Data records Start Marker

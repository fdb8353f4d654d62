//! Decides what a trace's text says: the jobs that it asks, or the first line that it refuses.
#![tactic(auto)]

mod digits;
mod fields;
mod generator;
pub mod laws;
mod lines;
mod printing;
mod reading;
mod refusals;
#[cfg(test)]
mod tests;

pub use generator::generate;
pub use printing::print_trace;
pub use reading::read_trace;
pub use refusals::{BadTrace, TraceRefusal};
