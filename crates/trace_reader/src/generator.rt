//! Work from a number.

ghost use Rattle.std.specs.Prelude.{◌≡◌, ◌+◌, ◌<◌, ◌≤◌, ◌^◌, IfOk};
ghost use Rattle.trace_reader.specs.Generator.{drawn, upper_half as upper_half_of, place_of_draw, rising_bytes as rising, turn_op as turn_op_of, generated, generated_job};

use log_entry::{Blob, Job, Op};
use std::alloc::{AllocError, Global};

/// So many jobs from a number, one a line: 1 to 16 seats take turns, at most 20,000 calls in all. Each seat reads and writes at offsets
/// within its own 65,536 bytes. Only want of memory refuses it.
pub fn generate(alloc: Global, number: u32, seats: u8, calls: u32) -> Result<Vec<Job>, AllocError>
    requires some { 1 ≤ seats }
    requires seats { seats ≤ 16 }
    requires calls { calls ≤ 20000 }
    ensures { IfOk result (λ jobs. jobs.items ≡ generated number seats calls) }
{
    let mut jobs = Vec::with_capacity(alloc, calls as usize)?;
    for before in 0..calls {
        let job = generate_job(alloc, number, seats, before)?;
        jobs.push(job)?;
    }
    Ok(jobs)
}

/// The job on the line after so many.
fn generate_job(alloc: Global, number: u32, seats: u8, before: u32) -> Result<Job, AllocError>
    requires some { 1 ≤ seats }
    requires seats { seats ≤ 16 }
    requires before { before < 20000 }
    ensures { IfOk result (λ job. job ≡ generated_job number seats before) }
{
    let line = u64::from(before) + 1;
    let seat = before % u32::from(seats);
    let turn = before / u32::from(seats);
    let op = turn_op(alloc, number, line, seat, turn)?;
    Ok(Job {
        line,
        seat: seat as u8,
        number: turn + 1,
        op,
    })
}

/// The operation of a seat's turn, counted from 0, on this line.
fn turn_op(alloc: Global, number: u32, line: u64, seat: u32, turn: u32) -> Result<Op, AllocError>
    requires line { line ≤ 20000 }
    requires seat { seat < 16 }
    ensures { IfOk result (λ op. op ≡ turn_op_of number line seat turn (drawn number line)) }
{
    let draw = (u64::from(number) * 40503 + line * 2_654_435_761) % 4_294_967_296;
    let upper = draw / 65536;
    let offset = u64::from(seat) * 65536 + draw % 63488;
    let first = u64::from(number) + line;
    let op = match turn % 8 {
        0..=3 => Op::Pwrite {
            offset,
            bytes: rising_bytes(alloc, first, 1 + upper % 2048)?,
        },
        4 => Op::Append {
            bytes: rising_bytes(alloc, first, 1 + upper % 256)?,
        },
        5 => Op::Pread {
            offset,
            length: 1 + upper % 2048,
        },
        6 => { if turn % 16 == 14 { Op::Sync } else { Op::Size } }
        _ => {
            if turn % 512 == 511 {
                Op::Collect
            } else {
                Op::Size
            }
        }
    };
    Ok(op)
}

/// So many bytes, each one more than the one before it modulo 256, from this number on.
fn rising_bytes(alloc: Global, first: u64, count: u64) -> Result<Blob, AllocError>
    requires first { first < 2 ^ 63 }
    requires count { count ≤ 2048 }
    ensures { IfOk result (λ bytes. bytes ≡ rising first count) }
{
    let mut bytes = Vec::with_capacity(alloc, count as usize)?;
    for at in 0..count {
        bytes.push(((first + at) % 256) as u8)?;
    }
    Ok(Blob::new(bytes))
}
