//! How a write ended.

use log_entry::WriteRefusal;

/// What the machine of a write or an append ends with.
#[derive(Clone, Copy, Debug, PartialEq, Eq)]
pub struct Written {
    /// The position of the write, or the one walked to where it was refused.
    pub position: u64,
    /// The byte of the file at which it begins.
    pub at: u64,
    /// Entry exchanges that it lost on the way; it stays at 4,294,967,295.
    pub lost: u32,
    /// Why nothing was written; none where it was.
    pub refusal: Option<WriteRefusal>,
}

Data records End Marker

*Required work:* Work through the records line by line and tally those that include the word "refuses". Give the number alone.

*Output of the exercise:* 2